--- START ---
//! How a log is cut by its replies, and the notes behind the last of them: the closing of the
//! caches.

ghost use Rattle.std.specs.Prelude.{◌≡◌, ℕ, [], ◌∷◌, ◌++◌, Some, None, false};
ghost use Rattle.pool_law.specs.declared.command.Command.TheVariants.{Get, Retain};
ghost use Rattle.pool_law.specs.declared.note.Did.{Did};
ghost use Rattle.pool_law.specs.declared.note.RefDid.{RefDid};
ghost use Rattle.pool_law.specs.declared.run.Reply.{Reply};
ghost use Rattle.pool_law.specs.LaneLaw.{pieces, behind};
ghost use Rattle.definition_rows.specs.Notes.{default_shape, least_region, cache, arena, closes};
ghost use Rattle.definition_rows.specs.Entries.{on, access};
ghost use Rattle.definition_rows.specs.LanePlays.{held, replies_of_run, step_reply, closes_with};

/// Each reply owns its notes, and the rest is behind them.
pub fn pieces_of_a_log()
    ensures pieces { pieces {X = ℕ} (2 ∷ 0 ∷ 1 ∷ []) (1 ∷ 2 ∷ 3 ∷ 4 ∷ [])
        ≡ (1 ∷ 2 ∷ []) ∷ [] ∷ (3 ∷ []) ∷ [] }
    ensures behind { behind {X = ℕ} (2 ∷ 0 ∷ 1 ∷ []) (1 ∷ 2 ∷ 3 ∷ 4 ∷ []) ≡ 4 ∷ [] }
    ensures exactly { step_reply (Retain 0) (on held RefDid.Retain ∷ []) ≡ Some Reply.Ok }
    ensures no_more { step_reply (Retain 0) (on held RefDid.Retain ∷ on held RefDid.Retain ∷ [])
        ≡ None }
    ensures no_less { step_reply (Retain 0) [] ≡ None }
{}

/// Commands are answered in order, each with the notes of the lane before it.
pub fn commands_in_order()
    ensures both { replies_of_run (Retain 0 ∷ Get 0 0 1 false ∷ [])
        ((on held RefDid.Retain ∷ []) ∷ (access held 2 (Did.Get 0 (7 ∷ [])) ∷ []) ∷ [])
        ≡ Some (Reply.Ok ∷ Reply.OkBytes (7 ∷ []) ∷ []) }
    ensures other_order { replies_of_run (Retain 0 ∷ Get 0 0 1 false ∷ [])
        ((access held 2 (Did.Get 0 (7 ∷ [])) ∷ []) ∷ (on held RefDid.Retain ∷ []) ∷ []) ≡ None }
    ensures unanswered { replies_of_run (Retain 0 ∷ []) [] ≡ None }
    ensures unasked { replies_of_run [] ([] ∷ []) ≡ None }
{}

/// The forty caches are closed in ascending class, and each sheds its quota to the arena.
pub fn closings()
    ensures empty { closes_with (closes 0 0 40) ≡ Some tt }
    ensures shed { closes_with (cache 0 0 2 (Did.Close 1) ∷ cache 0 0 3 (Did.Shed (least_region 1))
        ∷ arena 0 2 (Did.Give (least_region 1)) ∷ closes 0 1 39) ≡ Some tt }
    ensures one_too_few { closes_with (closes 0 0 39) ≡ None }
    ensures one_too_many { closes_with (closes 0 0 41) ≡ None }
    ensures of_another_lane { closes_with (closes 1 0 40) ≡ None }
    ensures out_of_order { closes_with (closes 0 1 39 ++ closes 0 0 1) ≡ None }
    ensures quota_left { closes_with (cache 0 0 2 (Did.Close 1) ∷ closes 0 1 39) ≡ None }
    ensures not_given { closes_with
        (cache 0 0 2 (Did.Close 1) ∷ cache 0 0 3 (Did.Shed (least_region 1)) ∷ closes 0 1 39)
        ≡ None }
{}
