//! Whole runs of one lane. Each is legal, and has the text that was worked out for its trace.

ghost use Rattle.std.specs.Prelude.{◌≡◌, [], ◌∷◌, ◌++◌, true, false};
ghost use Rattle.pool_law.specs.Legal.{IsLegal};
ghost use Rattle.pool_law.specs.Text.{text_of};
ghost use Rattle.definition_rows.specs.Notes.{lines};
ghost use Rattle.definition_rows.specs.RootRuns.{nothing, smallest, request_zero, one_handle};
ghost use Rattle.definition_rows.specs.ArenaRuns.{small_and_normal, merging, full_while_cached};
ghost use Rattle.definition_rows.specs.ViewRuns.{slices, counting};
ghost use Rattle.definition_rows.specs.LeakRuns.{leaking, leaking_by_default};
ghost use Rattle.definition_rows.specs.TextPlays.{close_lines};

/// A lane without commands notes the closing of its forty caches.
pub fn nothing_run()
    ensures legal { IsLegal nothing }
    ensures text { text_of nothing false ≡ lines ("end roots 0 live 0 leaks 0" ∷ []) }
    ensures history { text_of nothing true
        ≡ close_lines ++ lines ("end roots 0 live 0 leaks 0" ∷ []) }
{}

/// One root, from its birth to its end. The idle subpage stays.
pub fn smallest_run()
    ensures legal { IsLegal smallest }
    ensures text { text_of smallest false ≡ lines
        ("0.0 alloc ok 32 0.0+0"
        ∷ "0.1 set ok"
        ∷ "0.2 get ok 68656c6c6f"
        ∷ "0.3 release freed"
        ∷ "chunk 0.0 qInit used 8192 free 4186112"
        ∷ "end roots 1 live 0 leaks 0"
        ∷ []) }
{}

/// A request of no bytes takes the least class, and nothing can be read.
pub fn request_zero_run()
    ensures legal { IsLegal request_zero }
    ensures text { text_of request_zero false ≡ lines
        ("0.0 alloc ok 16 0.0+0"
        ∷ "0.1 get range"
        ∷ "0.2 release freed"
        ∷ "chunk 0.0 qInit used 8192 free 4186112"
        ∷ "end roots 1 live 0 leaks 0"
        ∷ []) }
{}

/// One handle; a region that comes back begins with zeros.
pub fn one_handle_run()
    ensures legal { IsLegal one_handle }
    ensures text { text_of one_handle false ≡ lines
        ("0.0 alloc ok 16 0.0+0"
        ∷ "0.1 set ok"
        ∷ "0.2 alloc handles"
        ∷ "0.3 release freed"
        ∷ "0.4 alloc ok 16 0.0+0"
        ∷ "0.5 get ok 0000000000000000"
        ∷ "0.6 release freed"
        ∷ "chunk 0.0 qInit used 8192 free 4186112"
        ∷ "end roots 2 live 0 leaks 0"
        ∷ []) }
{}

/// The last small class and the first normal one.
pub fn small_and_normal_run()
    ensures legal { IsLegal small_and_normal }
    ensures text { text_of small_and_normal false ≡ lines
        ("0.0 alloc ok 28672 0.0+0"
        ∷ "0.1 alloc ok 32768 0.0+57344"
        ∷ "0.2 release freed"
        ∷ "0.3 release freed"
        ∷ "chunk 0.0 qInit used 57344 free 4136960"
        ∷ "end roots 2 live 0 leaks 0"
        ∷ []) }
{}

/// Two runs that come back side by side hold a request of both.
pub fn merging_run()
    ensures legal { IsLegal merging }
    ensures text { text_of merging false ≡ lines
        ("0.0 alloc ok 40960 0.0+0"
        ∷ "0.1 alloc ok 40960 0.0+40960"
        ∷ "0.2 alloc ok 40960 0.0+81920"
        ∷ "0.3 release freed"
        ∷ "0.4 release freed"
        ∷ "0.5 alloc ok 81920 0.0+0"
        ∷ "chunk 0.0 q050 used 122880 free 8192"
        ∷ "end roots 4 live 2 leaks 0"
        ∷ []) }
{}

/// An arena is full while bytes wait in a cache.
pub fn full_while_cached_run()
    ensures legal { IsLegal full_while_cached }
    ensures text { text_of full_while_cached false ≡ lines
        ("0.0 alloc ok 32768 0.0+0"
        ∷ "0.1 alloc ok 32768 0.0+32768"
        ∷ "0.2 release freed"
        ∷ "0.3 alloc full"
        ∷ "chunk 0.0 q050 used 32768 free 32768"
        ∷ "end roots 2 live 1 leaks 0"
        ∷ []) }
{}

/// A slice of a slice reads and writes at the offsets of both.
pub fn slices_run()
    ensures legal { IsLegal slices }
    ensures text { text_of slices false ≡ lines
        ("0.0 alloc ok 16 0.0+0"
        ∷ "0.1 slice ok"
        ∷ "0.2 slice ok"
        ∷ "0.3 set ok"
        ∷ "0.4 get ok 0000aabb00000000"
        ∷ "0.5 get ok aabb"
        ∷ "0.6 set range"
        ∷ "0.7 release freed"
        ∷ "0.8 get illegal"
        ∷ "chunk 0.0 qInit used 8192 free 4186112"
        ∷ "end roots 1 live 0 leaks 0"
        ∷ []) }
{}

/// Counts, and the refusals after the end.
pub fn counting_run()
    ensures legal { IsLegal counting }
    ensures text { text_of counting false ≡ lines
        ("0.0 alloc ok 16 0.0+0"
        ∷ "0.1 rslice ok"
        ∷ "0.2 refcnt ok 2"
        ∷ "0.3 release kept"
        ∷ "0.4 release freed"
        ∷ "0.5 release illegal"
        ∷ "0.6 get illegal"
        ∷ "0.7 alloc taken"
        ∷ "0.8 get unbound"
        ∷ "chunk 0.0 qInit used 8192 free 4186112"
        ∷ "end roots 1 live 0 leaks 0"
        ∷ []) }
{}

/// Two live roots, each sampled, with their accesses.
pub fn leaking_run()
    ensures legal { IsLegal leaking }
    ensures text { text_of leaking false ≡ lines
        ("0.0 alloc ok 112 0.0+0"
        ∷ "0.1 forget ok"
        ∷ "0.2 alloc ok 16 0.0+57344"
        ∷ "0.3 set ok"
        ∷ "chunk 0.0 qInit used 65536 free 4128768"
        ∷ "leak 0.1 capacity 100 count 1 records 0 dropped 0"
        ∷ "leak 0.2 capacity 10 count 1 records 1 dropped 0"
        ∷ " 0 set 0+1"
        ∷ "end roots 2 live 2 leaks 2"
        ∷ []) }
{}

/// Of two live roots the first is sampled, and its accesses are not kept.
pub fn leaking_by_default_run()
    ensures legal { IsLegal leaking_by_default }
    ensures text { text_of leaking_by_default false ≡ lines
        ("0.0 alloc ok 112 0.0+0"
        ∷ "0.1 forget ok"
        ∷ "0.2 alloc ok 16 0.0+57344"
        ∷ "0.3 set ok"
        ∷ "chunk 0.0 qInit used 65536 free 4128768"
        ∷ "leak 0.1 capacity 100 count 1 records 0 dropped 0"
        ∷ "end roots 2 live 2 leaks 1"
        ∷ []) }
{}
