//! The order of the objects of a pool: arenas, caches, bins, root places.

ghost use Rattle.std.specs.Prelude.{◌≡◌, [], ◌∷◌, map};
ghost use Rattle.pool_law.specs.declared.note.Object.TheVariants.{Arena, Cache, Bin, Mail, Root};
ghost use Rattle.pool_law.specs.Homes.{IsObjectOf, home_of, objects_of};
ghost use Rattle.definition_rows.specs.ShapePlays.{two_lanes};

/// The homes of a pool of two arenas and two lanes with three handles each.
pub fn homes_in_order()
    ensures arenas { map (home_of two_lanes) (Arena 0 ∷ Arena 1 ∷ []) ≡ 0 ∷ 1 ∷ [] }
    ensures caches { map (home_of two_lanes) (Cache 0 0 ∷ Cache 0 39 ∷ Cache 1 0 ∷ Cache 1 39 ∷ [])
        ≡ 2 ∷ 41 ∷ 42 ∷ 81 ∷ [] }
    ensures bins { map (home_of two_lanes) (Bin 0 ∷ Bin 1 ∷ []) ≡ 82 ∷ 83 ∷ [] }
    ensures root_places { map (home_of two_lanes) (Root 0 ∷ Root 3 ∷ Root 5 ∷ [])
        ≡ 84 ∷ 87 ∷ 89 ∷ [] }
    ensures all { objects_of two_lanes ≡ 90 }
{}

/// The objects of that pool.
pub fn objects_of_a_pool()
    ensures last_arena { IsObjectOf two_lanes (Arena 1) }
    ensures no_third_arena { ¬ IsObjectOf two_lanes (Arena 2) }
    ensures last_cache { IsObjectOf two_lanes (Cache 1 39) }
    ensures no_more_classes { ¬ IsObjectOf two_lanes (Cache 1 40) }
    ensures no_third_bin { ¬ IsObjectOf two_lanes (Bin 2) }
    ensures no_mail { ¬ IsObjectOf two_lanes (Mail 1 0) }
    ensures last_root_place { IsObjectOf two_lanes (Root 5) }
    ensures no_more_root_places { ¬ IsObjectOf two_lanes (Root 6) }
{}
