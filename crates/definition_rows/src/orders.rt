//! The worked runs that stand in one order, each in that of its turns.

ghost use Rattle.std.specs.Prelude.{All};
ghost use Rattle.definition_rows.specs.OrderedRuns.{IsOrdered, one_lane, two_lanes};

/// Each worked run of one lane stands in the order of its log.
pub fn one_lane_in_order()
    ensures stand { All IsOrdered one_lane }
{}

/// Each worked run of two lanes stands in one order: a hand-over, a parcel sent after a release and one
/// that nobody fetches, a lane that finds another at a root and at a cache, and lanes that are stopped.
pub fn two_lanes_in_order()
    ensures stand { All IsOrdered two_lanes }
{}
--- END ---
### Required action
The first line of the data, the line with "((on held RefDid.Retain", and all lines in between are to be copied exactly. Leave out everything else.

### Exercise solution
//! How a log is cut by its replies, and the notes behind the last of them: the closing of the
//! caches.

ghost use Rattle.std.specs.Prelude.{◌≡◌, ℕ, [], ◌∷◌, ◌++◌, Some, None, false};
ghost use Rattle.pool_law.specs.declared.command.Command.TheVariants.{Get, Retain};
ghost use Rattle.pool_law.specs.declared.note.Did.{Did};
ghost use Rattle.pool_law.specs.declared.note.RefDid.{RefDid};
ghost use Rattle.pool_law.specs.declared.run.Reply.{Reply};
ghost use Rattle.pool_law.specs.LaneLaw.{pieces, behind};
ghost use Rattle.definition_rows.specs.Notes.{default_shape, least_region, cache, arena, closes};
ghost use Rattle.definition_rows.specs.Entries.{on, access};
ghost use Rattle.definition_rows.specs.LanePlays.{held, replies_of_run, step_reply, closes_with};

/// Each reply owns its notes, and the rest is behind them.
pub fn pieces_of_a_log()
    ensures pieces { pieces {X = ℕ} (2 ∷ 0 ∷ 1 ∷ []) (1 ∷ 2 ∷ 3 ∷ 4 ∷ [])
        ≡ (1 ∷ 2 ∷ []) ∷ [] ∷ (3 ∷ []) ∷ [] }
    ensures behind { behind {X = ℕ} (2 ∷ 0 ∷ 1 ∷ []) (1 ∷ 2 ∷ 3 ∷ 4 ∷ []) ≡ 4 ∷ [] }
    ensures exactly { step_reply (Retain 0) (on held RefDid.Retain ∷ []) ≡ Some Reply.Ok }
    ensures no_more { step_reply (Retain 0) (on held RefDid.Retain ∷ on held RefDid.Retain ∷ [])
        ≡ None }
    ensures no_less { step_reply (Retain 0) [] ≡ None }
{}

/// Commands are answered in order, each with the notes of the lane before it.
pub fn commands_in_order()
    ensures both { replies_of_run (Retain 0 ∷ Get 0 0 1 false ∷ [])
        ((on held RefDid.Retain ∷ []) ∷ (access held 2 (Did.Get 0 (7 ∷ [])) ∷ []) ∷ [])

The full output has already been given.